- YOUR GOAL
Check each line of the entries below for the word "alloc", and copy out the ones that have it.

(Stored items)
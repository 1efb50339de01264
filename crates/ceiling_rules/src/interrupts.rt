//! Interrupt ceilings and levels, and the resource services of category 2 ISRs (ISO 17356-3, resource management in
//! interrupt service routines).
ghost use Rattle.std.specs.{Prelude.{◌≡◌, ◌+◌, ◌<◌, [], length, not, Some, None, IsTrue, All, if◌then◌else◌}, List.{cons_option}};
ghost use Rattle.osek_standard.specs.{Apps.{source_count}, TaskStates.{held}, States.{is_in, held_by_source, source_state, task_of}, Validity.{is_internal}};
ghost use Rattle.osek_standard.specs.Internal.{internal_of};
ghost use Rattle.osek_standard.specs.Levels.{highest_level as highest_level_of, interrupt_ceiling as interrupt_ceiling_of, level as level_of, own_level as own_level_of};
ghost use Rattle.osek_standard.specs.Levels.{routine_level as routine_level_of, task_level as task_level_of};
ghost use Rattle.osek_standard.specs.Services.{answer, is_on_top as is_on_top_of, get_resource_isr as get_resource_row, release_resource_isr as release_resource_row};
ghost use Rattle.osek_standard.specs.Well.{Well};

use crate::is_taken;
use osek_standard::{Activity, App, Source, State};
use osek_values::{Ask, IsrNo, ResNo, SourceNo, Status, TaskNo};

/// The interrupt ceiling of a resource: a routine of a lower priority doesn't begin while it is held.
pub fn interrupt_ceiling(app: &App, resource: ResNo) -> u32
    requires { resource.0 < length app.now.resources }
    ensures { result ≡ interrupt_ceiling_of app.now resource.0 }
{
    app.resource(resource).interrupt_ceiling as u32
}

/// The level of a source's routine, where it holds nothing.
fn own_level(app: &App, source: SourceNo) -> u32
    requires { source.0 < source_count app.now }
    ensures { result ≡ own_level_of app.now source.0 }
{
    app.source_priority(source) as u32 + 1
}

/// The greatest of a level and the interrupt ceilings of these resources.
#[tactic(auto, unfolding(osek_standard::specs::Levels::highest_level))]
fn highest_level(app: &App, own: u32, resources: &[ResNo]) -> u32
    requires { All (λ r. r.0 < length app.now.resources) resources.now }
    ensures { result ≡ highest_level_of app.now own resources.now }
{
    let mut level = own;
    for resource in resources {
        level = level.max(interrupt_ceiling(app, *resource));
    }
    level
}

/// The level of a source's routine; 0 where it isn't running.
fn routine_level(app: &App, state: &State, source: SourceNo) -> u32
    requires known { source.0 < source_count app.now }
    requires well { Well app.now state.now }
    ensures { result ≡ routine_level_of app.now source.0 (source_state state.now source.0) }
{
    match state.sources.at(source.index()) {
        Source::Out => 0,
        Source::In(standing) => {
            highest_level(app, own_level(app, source), standing.held.as_slice())
        }
    }
}

// with the interrupt ceiling of its INTERNAL resource, where a task is inside
#[tactic(auto, unfolding(osek_standard::specs::Levels::highest_level))]
fn inside_level(app: &App, task: TaskNo, inside: bool) -> u32
    requires { task.0 < length app.now.tasks }
    ensures { result ≡ highest_level_of app.now 0 (cons_option (if inside then internal_of app.now task.0 else None) []) }
{
    if !inside {
        return 0;
    }
    match app.task(task).internal {
        Some(resource) => interrupt_ceiling(app, resource),
        None => 0,
    }
}

/// The level of the task that runs or is interrupted; 0 where there is none.
fn task_level(app: &App, state: &State) -> u32
    requires { Well app.now state.now }
    ensures { result ≡ task_level_of app.now state.now (task_of state.now.processor) }
{
    let Some(task) = state.current() else {
        return 0;
    };
    match &state.task(task).activity {
        Activity::Live(standing) => highest_level(
            app,
            inside_level(app, task, standing.inside),
            standing.held.as_slice(),
        ),
        Activity::Suspended | Activity::Waiting(_) => 0,
    }
}

/// The interrupt level: the greatest of those of the routines that began and haven't ended, and of the task that runs or is
/// interrupted. At task level no routine is in.
#[tactic(auto, unfolding(osek_standard::specs::Levels::level))]
pub fn level(app: &App, state: &State) -> u32
    requires { Well app.now state.now }
    ensures { result ≡ level_of app.now state.now }
{
    let mut level = task_level(app, state);
    if !state.processor.is_interrupted() {
        return level;
    }
    for source in 0..state.sources.len() {
        level = level.max(routine_level(app, state, SourceNo(source as u8)));
    }
    level
}

// the source of an ISR: the counters come first
fn source_of(app: &App, isr: IsrNo) -> SourceNo
    requires { isr.0 < length app.now.isrs }
    ensures { result.0 ≡ length app.now.counters + isr.0 }
{
    SourceNo((app.counters.len() + isr.index()) as u8)
}

/// GetResource of an ISR whose routine began and hasn't ended.
#[tactic(auto, unfolding(osek_standard::specs::Services::get_resource_isr))]
pub fn get_resource_isr(app: &App, state: &mut State, isr: IsrNo, resource: ResNo) -> Status
    requires known { isr.0 < length app.now.isrs }
    requires resource { resource.0 < length app.now.resources }
    requires takable { IsTrue (not (is_internal app.now.resources resource.0)) }
    requires well { Well app.now state.old }
    requires began { IsTrue (is_in (source_state state.old (length app.now.counters + isr.0))) }
    ensures row { get_resource_row app.now state.old (length app.now.counters + isr.0) resource ≡ answer state.new (Some result) None Ask.No }
    ensures well { Well app.now state.new }
{
    let source = source_of(app, isr);
    if is_taken(state, resource) || interrupt_ceiling(app, resource) < own_level(app, source) {
        return Status::Access;
    }
    if let Source::In(standing) = state.sources.at_mut(source.index()) {
        standing.held.push(resource);
    }
    Status::Ok
}

/// Whether the resource is the one that the routine took last.
fn is_on_top(state: &State, source: SourceNo, resource: ResNo) -> bool
    requires { source.0 < length state.now.sources }
    ensures { result ≡ is_on_top_of resource.0 (held_by_source (source_state state.now source.0)) }
{
    match state.sources.at(source.index()) {
        Source::Out => false,
        Source::In(standing) => standing.held.last() == Some(resource),
    }
}

/// ReleaseResource of such an ISR: the resource that was taken last is released first.
#[tactic(auto, unfolding(osek_standard::specs::Services::release_resource_isr))]
pub fn release_resource_isr(app: &App, state: &mut State, isr: IsrNo, resource: ResNo) -> Status
    requires known { isr.0 < length app.now.isrs }
    requires resource { resource.0 < length app.now.resources }
    requires well { Well app.now state.old }
    requires began { IsTrue (is_in (source_state state.old (length app.now.counters + isr.0))) }
    ensures row { release_resource_row app.now state.old (length app.now.counters + isr.0) resource ≡ answer state.new (Some result) None Ask.No }
    ensures well { Well app.now state.new }
{
    let source = source_of(app, isr);
    if interrupt_ceiling(app, resource) < own_level(app, source) {
        return Status::Access;
    }
    if !is_on_top(state, source, resource) {
        return Status::NoFunc;
    }
    if let Source::In(standing) = state.sources.at_mut(source.index()) {
        standing.held.pop();
    }
    Status::Ok
}
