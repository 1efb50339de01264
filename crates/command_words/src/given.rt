//! The words that a program was given.
use osek_values::Memory;
use std::alloc::Global;
use std::env::{Env, FillError};
use std::{env, io};

/// The words of the command line, with nothing in place of the first: that is the program's own name, which isn't looked
/// at and so may be any bytes.
#[derive(Drop)]
struct NamelessWords<R>(R);

impl<R: Env> Env for NamelessWords<R> {
    fn arg(&self, i: usize, buf: &mut [u8]) -> Result<usize, FillError> {
        match i {
            0 => Ok(0),
            _ => self.0.arg(i, buf),
        }
    }

    fn var(&self, name: &str, buf: &mut [u8]) -> Result<usize, FillError> {
        self.0.var(name, buf)
    }

    fn var_at(&self, i: usize, buf: &mut [u8]) -> Result<usize, FillError> {
        self.0.var_at(i, buf)
    }
}

fn read_words<R: Env + Drop>(alloc: Global, env: R) -> io::Result<Vec<String>> {
    let mut words = Vec::new(alloc);
    for word in env::args(&(NamelessWords(env), alloc))? {
        words.push(word)?;
    }
    Ok(words)
}

/// The words of the command line, the first of them empty; none where some other word isn't UTF-8, so that they are of no
/// stated form.
pub fn words_given<R: Env + Drop>(alloc: Global, env: R) -> Result<Vec<String>, Memory> {
    match read_words(alloc, env) {
        Ok(words) => Ok(words),
        Err(error) if error.kind() == io::ErrorKind::InvalidData => Ok(Vec::new(alloc)),
        Err(_) => Err(Memory),
    }
}
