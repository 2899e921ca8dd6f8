// What accept answers, and when: theorems over the call's definition, with its rows and the marked
// figures. Each function is there for its contract alone, a law on those definitions.
#![tactic(auto)]

ghost use Rattle.accept_rules.specs.Cases.Accept.{AcceptCasesHold};
ghost use Rattle.accept_rules.specs.Cases.BuildingOn.{ShortTableCasesHold};
ghost use Rattle.accept_rules.specs.Cases.Clearing.{ClearingCasesHold};
ghost use Rattle.accept_rules.specs.Cases.MarkedFigures.{MarkedFigures};
ghost use Rattle.accept_rules.specs.Laws.{AcceptAnswers, AlteredBookNotAccepted, AlteredRequestNotAccepted, AnsweredByPricing, AnswersOnly, LeavesByPricing, RefusalNumbers, RefusedChangesNothing};

/// Exactly when accept answers and leaves what, and with which numbers it refuses.
pub fn accept_answers()
    ensures answers { AcceptAnswers }
    ensures nothing_else { AnswersOnly }
    ensures refused { RefusedChangesNothing }
    ensures numbers { RefusalNumbers }
{}

/// With one byte of the book or the request altered, what was priced is refused, and ledger and table are left.
pub fn altered_files_refused()
    ensures book { AlteredBookNotAccepted }
    ensures request { AlteredRequestNotAccepted }
{}

/// M1 to M9, as one result.
pub fn marked_figures()
    ensures { MarkedFigures }
{}

/// The whole call on small tables, with literal figures.
pub fn accept_cases_hold()
    ensures each { AcceptCasesHold }
    ensures short_tables { ShortTableCasesHold }
    ensures clearing { ClearingCasesHold }
{}

/// Accept reads its files through pricing alone.
pub fn by_pricing()
    ensures answers { AnsweredByPricing }
    ensures leaves { LeavesByPricing }
{}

- RESULT FOR THIS TASK
use std::alloc::Global;
fn read_words<R: Env + Drop>(alloc: Global, env: R) -> io::Result<Vec<String>> {
    let mut words = Vec::new(alloc);
    for word in env::args(&(NamelessWords(env), alloc))? {
pub fn words_given<R: Env + Drop>(alloc: Global, env: R) -> Result<Vec<String>, Memory> {
    match read_words(alloc, env) {
        Err(error) if error.kind() == io::ErrorKind::InvalidData => Ok(Vec::new(alloc)),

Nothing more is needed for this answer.